Circumventing the Static Initialization Order Fiasco

But luckily, there is a solution to this problem: If the classes are in different translation units, we can force the initialization of the type_registry_ by putting it inside a function call and call this function instead. How? By making use of static variables inside functions in our Shape class. This is also called the Construct On First Use Idiom.

 1
 2
 3
 4
 5
 6
 7
 8
 9
10
class Shape {
  // <snip>

 private:
  static std::map<std::string, std::unique_ptr<Shape> (*)(std::istream&)>& get_type_registry() {
    // Static: One and the same instance for all function calls.
    static std::map<std::string, std::unique_ptr<Shape> (*)(std::istream&)> type_registry;
    return type_registry;
  }
};

Nice! Now we even know how to deal with random static initialization order!
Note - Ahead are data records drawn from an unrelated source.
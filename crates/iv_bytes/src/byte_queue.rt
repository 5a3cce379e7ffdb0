//! A queue of bytes in a fixed array.
ghost use Rattle.std.specs.Prelude.{◌≡◌, ◌↔◌, false, if◌then◌else◌, [], ℕ, ◌-◌, ◌++◌, ◌<◌, ◌≤◌, List, length, take, drop, slice_range, true, IfOk, OnErr, IsTrue};
ghost use Rattle.std.specs.Io.KnownBytes.{IsAtEnd};
ghost use Rattle.iv_bytes.specs.Sources.{Reads, answered, answers};

use crate::source::{ReadFault, Source};
use std::marker::Model;

/// How many bytes the queue has room for.
pub const CHUNK: usize = 8192;

/// Bytes that came in and did not go out yet, in their order: at most 8 KiB, in an array on the stack.
///
/// After a source it holds what was pulled and not yet read; above a sink, what was put and not yet handed on.
#[derive(Drop)]
pub struct ByteQueue {
    chunk: [u8; 8192],
    start: usize,
    end: usize,
}

impl Model for ByteQueue {
    ghost Value = { List ℕ };

    ghost view = { λ held. slice_range held.chunk held.start held.end };

    ghost invariant = { λ held. (held.start ≤ held.end) × (held.end ≤ 8192) };
}

impl ByteQueue {
    pub fn new() -> ByteQueue
        ensures { result ≡ [] }
    {
        ByteQueue {
            chunk: [0; 8192],
            start: 0,
            end: 0,
        }
    }

    /// The bytes.
    pub fn bytes(&self) -> &[u8]
        ensures { result.now ≡ self.now }
    {
        &self.chunk[self.start..self.end]
    }

    /// Drops the first n bytes.
    pub fn skip(&mut self, n: usize)
        requires { n ≤ length self.old }
        ensures { self.new ≡ drop n self.old }
    {
        self.start += n;
    }

    /// Adds as many of the bytes as there is room for: at least one, if nothing is held.
    pub fn add(&mut self, bytes: &[u8]) -> usize
        ensures within { result ≤ length bytes.now }
        ensures some { self.old ≡ [] → 0 < length bytes.now → 0 < result }
        ensures added { self.new ≡ self.old ++ take result bytes.now }
    {
        if self.start == self.end {
            self.start = 0;
            self.end = 0;
        }
        let end = self.end;
        let n = bytes.len().min(CHUNK - end);
        self.chunk[end..end + n].copy_from_slice(&bytes[..n]);
        self.end = end + n;
        n
    }

    /// Pulls if nothing is held, and else leaves the source alone. It answers whether anything is held then: if not, the input is at
    /// its end. After a fault nothing is held.
    pub fn fill<S: Source>(&mut self, source: &mut S) -> Result<bool, ReadFault>
        ensures some { IfOk result (λ some. IsTrue some ↔ 0 < length self.new) }
        ensures end { IfOk result (λ some. some ≡ false → IsAtEnd (S.state source.new).remaining) }
        ensures reads { Reads self.old self.new (S.state source.old) (S.state source.new) [] }
        ensures ok { IfOk result (λ some. answers (S.state source.new) ≡ answers (if some then S.state source.old else answered 0 (S.state source.old))) }
        ensures err { OnErr result (answers (S.state source.new) ≡ answers (record (S.state source.old) { failed = true })) }
        ensures none { OnErr result (self.new ≡ []) }
        ensures held { 0 < length self.old → (self.new ≡ self.old) × (S.state source.new ≡ S.state source.old) }
        ensures few { length self.new ≤ 8192 }
    {
        if self.start < self.end {
            return Ok(true);
        }
        self.start = 0;
        self.end = 0;
        self.end = source.pull(&mut self.chunk)?;
        Ok(self.end > 0)
    }
}
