//! Sinks and sources over memory.
ghost use Rattle.std.specs.Prelude.{◌≡◌, ◌↔◌, false, true, [], ◌<◌, ◌≤◌, length, take, vec_capacity, IfOk, OnErr, IsErr, IsTrue, ◌⊎◌};
ghost use Rattle.std.specs.Io.KnownBytes.{IsAtEnd};
ghost use Rattle.iv_bytes.specs.Sinks.{Takes, FailsIn, in_memory};
ghost use Rattle.iv_bytes.specs.Sources.{Gives, answered, from_memory};

use crate::sink::{Flush, Sink, WriteFault};
use crate::source::{ReadFault, Source, counted};
use std::alloc::{AllocError, Allocator, Global};

/// A sink in memory, for tests: it has room for `room` bytes, takes at most `piece` of them at a time, never grows,
/// and fails only if its room is used up.
#[derive(Drop)]
pub struct MemSink<A: Allocator = Global> {
    bytes: Vec<u8, A>,
    room: usize,
    piece: usize,
    failed: bool,
    ghost fits: { length bytes.items ≤ room },
    ghost reserved: { room ≤ vec_capacity bytes },
    ghost some: { 0 < piece },
}

impl<A: Allocator> MemSink<A> {
    /// Reserves the room. A piece is at least one byte.
    pub fn new(alloc: A, room: usize, piece: usize) -> Result<MemSink<A>, AllocError>
        requires { 0 < piece }
        ensures { IfOk result (λ sink. (sink.bytes.items ≡ []) × (sink.failed ≡ false) × (sink.room ≡ room) × (sink.piece ≡ piece)) }
    {
        Ok(MemSink {
            bytes: Vec::with_capacity(alloc, room)?,
            room,
            piece,
            failed: false,
        })
    }

    /// All bytes taken, in order.
    pub fn bytes(&self) -> &[u8]
        ensures { result.now ≡ self.now.bytes.items }
    {
        self.bytes.as_slice()
    }
}

impl<A: Allocator> Sink for MemSink<A> {
    ghost state = { λ s. in_memory s.bytes.items s.failed };

    fn push(&mut self, bytes: &[u8]) -> Result<usize, WriteFault>
        requires { 0 < length bytes.now }
        ensures some { IfOk result (λ n. (0 < n) × (n ≤ length bytes.now)) }
        ensures ok { IfOk result (λ n. Takes (in_memory self.old.bytes.items self.old.failed) (in_memory self.new.bytes.items self.new.failed) (take n bytes.now)) }
        ensures err { OnErr result (FailsIn (in_memory self.old.bytes.items self.old.failed) (in_memory self.new.bytes.items self.new.failed) []) }
        ensures failing { IsTrue self.old.failed → IsErr result }
        ensures full { IsErr result ↔ (IsTrue self.old.failed ⊎ (length self.old.bytes.items ≡ self.old.room)) }
        ensures piece { IfOk result (λ n. n ≤ self.old.piece) }
        ensures same { (self.new.room ≡ self.old.room) × (self.new.piece ≡ self.old.piece) }
    {
        let left = self.room - self.bytes.len();
        if self.failed || left == 0 {
            self.failed = true;
            return Err(WriteFault);
        }
        let n = bytes.len().min(left).min(self.piece);
        self.bytes.extend_from_slice(&bytes[..n]).unwrap();
        Ok(n)
    }

    fn failed(&self) -> bool {
        self.failed
    }
}

impl<A: Allocator> Flush for MemSink<A> {
    fn flush(&mut self) -> Result<(), WriteFault> {
        Ok(())
    }
}

/// A source over bytes in memory, for tests: it gives at most `piece` bytes at a time and `good` in all,
/// and fails exactly at a pull that finds `good` of them given.
#[derive(Drop)]
pub struct MemSource<'a> {
    bytes: &'a [u8],
    at: usize,
    good: usize,
    piece: usize,
    failed: bool,
    ends: u8,
    ghost within: { at ≤ length bytes.now },
    ghost below: { at ≤ good },
    ghost some: { 0 < piece },
}

impl<'a> MemSource<'a> {
    /// A piece is at least one byte.
    pub fn new(bytes: &'a [u8], good: usize, piece: usize) -> MemSource<'a>
        requires { 0 < piece }
        ensures { (result.bytes.now ≡ bytes.now) × (result.at ≡ 0) × (result.good ≡ good) × (result.piece ≡ piece) × (result.failed ≡ false) × (result.ends ≡ 0) }
    {
        MemSource {
            bytes,
            at: 0,
            good,
            piece,
            failed: false,
            ends: 0,
        }
    }
}

impl Source for MemSource<'_> {
    ghost state = { λ s. from_memory s.bytes.now s.at s.failed s.ends };

    fn pull(&mut self, into: &mut [u8]) -> Result<usize, ReadFault>
        requires { 0 < length into.old }
        ensures some { IfOk result (λ n. n ≤ length into.new) }
        ensures ok { IfOk result (λ n. Gives (answered n (from_memory self.old.bytes.now self.old.at self.old.failed self.old.ends)) (from_memory self.new.bytes.now self.new.at self.new.failed self.new.ends) (take n into.new)) }
        ensures end { IfOk result (λ n. n ≡ 0 → IsAtEnd (from_memory self.new.bytes.now self.new.at self.new.failed self.new.ends).remaining) }
        ensures kept { OnErr result (Gives (from_memory self.old.bytes.now self.old.at true self.old.ends) (from_memory self.new.bytes.now self.new.at self.new.failed self.new.ends) []) }
        ensures failing { IsTrue self.old.failed → IsErr result }
        ensures spent { IsErr result ↔ (IsTrue self.old.failed ⊎ (self.old.at ≡ self.old.good)) }
        ensures piece { IfOk result (λ n. n ≤ self.old.piece) }
        ensures same { (self.new.bytes.now ≡ self.old.bytes.now) × (self.new.good ≡ self.old.good) × (self.new.piece ≡ self.old.piece) }
    {
        if self.failed || self.at == self.good {
            self.failed = true;
            return Err(ReadFault);
        }
        let rest = &self.bytes[self.at..];
        let n = rest
            .len()
            .min(self.good - self.at)
            .min(self.piece)
            .min(into.len());
        into[..n].copy_from_slice(&rest[..n]);
        self.at += n;
        self.ends = counted(self.ends, n);
        Ok(n)
    }

    fn failed(&self) -> bool {
        self.failed
    }
}
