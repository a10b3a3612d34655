// The controller RIFSC: which peripherals are secure and privileged, and what each master carries.
#![tactic(auto)]

pub mod contents;
pub mod masters;
pub mod peripherals;
pub mod port;
pub mod registers;

pub use contents::Rifsc;
pub use masters::{Attributes, MASTERS, MasterNumber};
pub use peripherals::{Filter, PeripheralNumber};
pub use port::Seen;
pub use registers::{Lock, Register, Row, register_at};
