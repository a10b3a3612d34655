#![tactic(auto, unfolding(crate::specs::Port::accessed, crate::specs::Port::accessed_at, crate::specs::Port::read_answer, crate::specs::Port::read_at, crate::specs::Port::read_of))]

ghost use Rattle.std.specs.Prelude.{◌≡◌, cond};
ghost use Rattle.words.specs.Bit.{field, less, word};
ghost use Rattle.rifsc.specs.Port.{accessed, accessed_at, answer_of, attr_bits, read_answer, read_of, takes};

use crate::Register;
use crate::masters::{MCID_AT, MCID_WIDE};
use crate::registers::{ATTR_FLAGS, ATTR_NAMED, DAPCID, GLOCK, Row};
use access::{Accessed, Answer, Checks, DEBUGGER, PASSED, Request, Why};

// What an access to a register needs of the controller, by value.
#[derive(Clone, Copy)]
pub struct Seen {
    // The register is locked whole.
    pub locked: bool,
    // RCFGLOCKR and SECCFGR of the register's index.
    pub rlock: u32,
    pub sec: u32,
    // The register's own word.
    pub word: u32,
}

// Of some bits those that a write may change: those whose SEC is 1 only if it is secure.
fn unless_sec(bits: u32, sec: u32, secure: bool) -> u32
    ensures { result ≡ cond secure bits (less 32 bits sec) }
{
    if secure {
        return bits;
    }
    words::without(bits, sec)
}

// The bits that a write to ATTR takes: MCID 7 leaves MCID as it was.
fn attr_taken(value: u32) -> u32
    ensures { result ≡ attr_bits value }
{
    if words::field_of(value, MCID_AT, MCID_WIDE) == DEBUGGER.0 {
        return ATTR_FLAGS;
    }
    ATTR_NAMED
}

// The bits that a write to a register with this row takes. Of lock bits only those that are 1.
fn taken(reg: Register, row: Row, v: Seen, value: u32, secure: bool) -> u32
    ensures { result ≡ word 32 (takes reg row v value secure) }
{
    match reg {
        Register::Cr => words::masked(value, row.named),
        Register::Seccfgr(_) => words::without(row.named, v.rlock),
        Register::Privcfgr(_) => unless_sec(words::without(row.named, v.rlock), v.sec, secure),
        Register::Rcfglockr(_) => words::masked(value, row.named),
        Register::Rimccr => words::united(DAPCID, words::masked(value, GLOCK)),
        Register::Attr(_) => attr_taken(value),
        Register::Ppsr(_) => 0,
    }
}

impl Row {
    // The answer to a read of a register with this row, if there is one, and this word. Any read is allowed, so that only the offset counts.
    pub fn read(row: Option<Self>, word: u32, offset: u32) -> Answer
        ensures { result ≡ read_answer row word offset }
    {
        if offset % 4 != 0 {
            return Answer::Rejected(Why::Misaligned);
        }
        let Some(row) = row else {
            return Answer::Rejected(Why::NoRegister);
        };
        Answer::Done(words::united(words::masked(word, row.named), row.fixed))
    }
}

impl Seen {
    // The answer to an access to a register with this row.
    fn answer(self, row: Row, q: Request) -> Answer
        ensures { result ≡ answer_of row self.locked self.word q }
    {
        if !q.write {
            return Row::read(Some(row), self.word, q.offset);
        }
        let write = Checks {
            aligned: q.offset % 4 == 0,
            allowed: q.privileged & (q.secure | !row.secure),
            direction: row.writable,
            unlocked: !self.locked,
            ..PASSED
        };
        write.answer(0)
    }

    // An access to a register with this row. A write that is done leaves another word.
    fn accessed(mut self, reg: Register, row: Row, q: Request) -> Accessed<Seen>
        ensures { result ≡ accessed reg row self q }
    {
        let answer = self.answer(row, q);
        if q.write
            && let Answer::Done(_) = answer
        {
            let taken = taken(reg, row, self, q.value, q.secure);
            self.word = words::merge(self.word, q.value, taken);
        }
        Accessed { next: self, answer }
    }

    // An access to a register with this row, if there are such. The IAC has its own: what is answered and what is left differs, so one for both
    // would take a trait of three methods. Inline, so that what the caller knows is not tested again.
    #[inline(always)]
    pub fn access(self, reg: Option<Register>, row: Option<Row>, q: Request) -> Accessed<Seen>
        ensures { result ≡ accessed_at reg row self q }
    {
        let Some(known) = row else {
            let answer = Row::read(None, self.word, q.offset);
            return Accessed { next: self, answer };
        };
        let Some(reg) = reg else {
            let answer = self.answer(known, q);
            return Accessed { next: self, answer };
        };
        self.accessed(reg, known, q)
    }
}
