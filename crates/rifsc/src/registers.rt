#![tactic(auto, unfolding(crate::specs::Registers::ppsr, crate::specs::Registers::register_at, crate::specs::Registers::row_of))]

ghost use Rattle.std.specs.Prelude.{◌≡◌, option_map};
ghost use Rattle.rifsc.specs.Registers.{ppsr, register_at, row, row_of};

// A register of the controller, with its index where it is one of several.
#[derive(Clone, Copy)]
pub enum Register {
    Cr,
    Seccfgr(usize),
    Privcfgr(usize),
    Rcfglockr(usize),
    Rimccr,
    Attr(usize),
    Ppsr(usize),
}

// What stops every write to a register: GLOCK of CR, GLOCK of RIMC_CR, or nothing. A column of the table: as an Option each row of it would
// say `Some` and be no plainer.
#[derive(Clone, Copy)]
pub enum Lock {
    Glock,
    RimcLock,
    Never,
}

// A register's row of the table: all that is fixed of it.
#[derive(Clone, Copy)]
pub struct Row {
    // Not read-only.
    pub writable: bool,
    // A write needs secure; every write needs privileged.
    pub secure: bool,
    pub lock: Lock,
    pub index: usize,
    // The bits that read 1 whatever is stored, and the named bits.
    pub fixed: u32,
    pub named: u32,
}

// GLOCK, of CR and of RIMC_CR; DAPCID and the constant of RIMC_CR; what ATTR has beside MCID, and with it.
pub(crate) const GLOCK: u32 = 0x0000_0001;

pub(crate) const DAPCID: u32 = 0x0000_0700;

const RIMC_CONSTANT: u32 = 0x0000_0010;

pub(crate) const ATTR_FLAGS: u32 = 0x0000_0300;

pub(crate) const ATTR_NAMED: u32 = 0x0000_0370;

// PPSR0 to PPSR5.
pub(crate) const PERIPHERALS: [u32; words::BIT_WORDS] = [
    0xffff_ff7f,
    0x77ff_ffff,
    0xf7df_f03b,
    0x0000_05ff,
    0xbbef_ffef,
    0x7dde_ef7f,
];

// PPSRx: which bits of SECCFGRx, PRIVCFGRx and RCFGLOCKRx are named. Past the last there is none.
pub(crate) fn ppsr(x: usize) -> u32
    ensures { result ≡ ppsr x }
{
    words::word_at(PERIPHERALS, x)
}

// The register at an offset that is a multiple of 4.
pub fn register_at(offset: u32) -> Option<Register>
    ensures { result ≡ register_at offset }
{
    Some(match offset {
        0x000 => Register::Cr,
        0x010..=0x027 => Register::Seccfgr(((offset - 0x010) / 4) as usize),
        0x030..=0x047 => Register::Privcfgr(((offset - 0x030) / 4) as usize),
        0x050..=0x067 => Register::Rcfglockr(((offset - 0x050) / 4) as usize),
        0xc00 => Register::Rimccr,
        0xc10..=0xc43 => Register::Attr(((offset - 0xc10) / 4) as usize),
        0xfb0..=0xfc7 => Register::Ppsr(((offset - 0xfb0) / 4) as usize),
        _ => return None,
    })
}

impl Row {
    // Of a register that can be written.
    fn of(secure: bool, lock: Lock, index: usize, fixed: u32, named: u32) -> Self
        ensures { result ≡ row secure lock index fixed named }
    {
        Row {
            writable: true,
            secure,
            lock,
            index,
            fixed,
            named,
        }
    }
}

impl Register {
    // The table of registers. In the order of the columns: a write needs secure, lock, index, bits that read 1, named bits.
    pub fn columns(self) -> Row
        ensures { result ≡ row_of self }
    {
        match self {
            Register::Cr => Row::of(true, Lock::Glock, 0, 0, GLOCK),
            Register::Seccfgr(x) => Row::of(true, Lock::Glock, x, 0, ppsr(x)),
            Register::Privcfgr(x) => Row::of(false, Lock::Glock, x, 0, ppsr(x)),
            Register::Rcfglockr(x) => Row::of(true, Lock::Glock, x, 0, ppsr(x)),
            Register::Rimccr => Row::of(true, Lock::RimcLock, 0, RIMC_CONSTANT, DAPCID | GLOCK),
            Register::Attr(m) => Row::of(true, Lock::RimcLock, m, 0, ATTR_NAMED),
            Register::Ppsr(x) => Row {
                writable: false,
                ..Row::of(true, Lock::Never, x, ppsr(x), 0)
            },
        }
    }

    // The row of a register, if there is one.
    #[inline(always)]
    pub fn row(reg: Option<Self>) -> Option<Row>
        ensures { result ≡ option_map row_of reg }
    {
        Some(reg?.columns())
    }
}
Putting it all together, we end up with the following code:

Complete Solution

 1
 2
 3
 4
 5
 6
 7
 8
 9
10
11
12
13
14
15
16
17
18
19
20
21
22
23
24
25
26
27
28
29
30
31
32
33
34
35
36
37
38
39
40
41
42
43
44
45
46
47
48
49
50
51
52
53
54
55
56
57
58
59
60
61
62
63
64
65
66
67
68
69
70
71
72
73
74
75
76
77
78
#include <iostream>
#include <map>
#include <memory>
#include <string>

class Shape {
  // Function pointer that takes a stream and produces an object of a
  // derived class.
  using deserialize_func = std::unique_ptr<Shape> (*)(std::istream&);

 public:
  virtual ~Shape() = default;

  // Provide a high-level serialization function that stores the
  // class_identifier.
  static void serialize(std::ostream& out, Shape& shape) {
    const std::string& class_id = shape.class_identifier();
    out.write(class_id.c_str(), class_id.size() + 1 /*terminating null*/);
    shape.serialize(out);
  }

  // Provide a high-level deserialization function
  // that dispatches to the correct deserialization function based
  // on class_identifier.
  static std::unique_ptr<Shape> deserialize(std::istream& in) {
    std::string class_id;
    std::getline(in, class_id, '\0');
    // Look up the class_id in the type_registry
    // and call the proper deserialization function.
    return get_type_registry()[class_id](in);
  }

 protected:
  // Return the identifier of the derived class.
  virtual std::string class_identifier() const = 0;
  // Serialize the derived class to a stream.
  virtual void serialize(std::ostream& out) const = 0;

  // This function needs to be called by a derived class inside a 
  // *static* context.
  static bool register_type(const std::string& class_id,
                            const deserialize_func factory_method) {
    if (get_type_registry().find(class_id) != get_type_registry().end()) {
      std::cerr << "Class ID " << class_id << " is already used." << std::endl;
      return false;
    }
    get_type_registry().insert(std::make_pair(class_id, factory_method));
    return true;
  }

 private:
  // Prevent "static initialization order fiasco".
  static std::map<std::string, deserialize_func>& get_type_registry() {
    static std::map<std::string, deserialize_func> type_registry;
    return type_registry;
  }
};

class Rectangle : public Shape {
 public:
  std::string class_identifier() const override { return "Rectangle"; }

  void serialize(std::ostream& out) const override {
    // ...
  }

  static std::unique_ptr<Shape> deserialize_rectangle(std::istream& in) {
    // ...
  }

 private:
  static const bool registered_;

  int64_t width_, height_;
};

// Statically register the "Rectangle" class to the factory.
const bool Rectangle::registered_ = Shape::register_type("Rectangle", &deserialize_rectangle);

Further Work

One obvious downside of this approach is that derived classes need to be registered manually. It would be much nicer if they could be forced to register. Following up this blog post, Alexander van Renen proposed a solution to this problem by introducing a new ShapeInterface. Check out his solution on GitHub!